§ **Assignment**: Please give an exact transcription of the records shown below.

[Extracted data entries]
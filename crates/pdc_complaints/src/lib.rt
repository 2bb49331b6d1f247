//! What is reported of a stream that is taken: that its sender is not what the settings say, with what came and what they say; and when it
//! falls silent, comes again, or is not understood.
//!
//! The first type to look at is [`Complaint`]. [`Said`] is what a datagram says of its sender, [`Expected`] what the settings say, and
//! [`complaint_of`] which complaint a refusal is.
//!
//! The promise to the layers above: what came is what the datagram says, what was expected is what the settings say, and a refusal that
//! only somebody can mend who sets up the sender, or this concentrator, is always the same complaint. The words of a line no clause says.
#![tactic(auto)]

mod complaint;
mod expected;
mod lines;
mod refused;
mod said;
mod whose;

pub use complaint::{Complaint, complaint_of};
pub use expected::Expected;
pub use lines::{again_text, ended_text, silence_text, taken_text, unread_text};
pub use pdc_life::{CAUSES, MAX_PMUS, Outcome, Refusal};
pub use refused::refused_text;
pub use said::{Said, SaidConfiguration, SaidSection};
pub use whose::Of;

§ **Answer space**:
filename crates/pdc_complaints/src/lib.rt
repository 2bb49331b6d1f247
//! What is reported of a stream that is taken: that its sender is not what the settings say, with what came and what they say; and when it
//! falls silent, comes again, or is not understood.
//!
//! The first type to look at is [`Complaint`]. [`Said`] is what a datagram says of its sender, [`Expected`] what the settings say, and
//! [`complaint_of`] which complaint a refusal is.
//!
//! The promise to the layers above: what came is what the datagram says, what was expected is what the settings say, and a refusal that
//! only somebody can mend who sets up the sender, or this concentrator, is always the same complaint. The words of a line no clause says.
#![tactic(auto)]

mod complaint;
mod expected;
mod lines;
mod refused;
mod said;
mod whose;

pub use complaint::{Complaint, complaint_of};
pub use expected::Expected;
pub use lines::{again_text, ended_text, silence_text, taken_text, unread_text};
pub use pdc_life::{CAUSES, MAX_PMUS, Outcome, Refusal};
pub use refused::refused_text;
pub use said::{Said, SaidConfiguration, SaidSection};
pub use whose::Of;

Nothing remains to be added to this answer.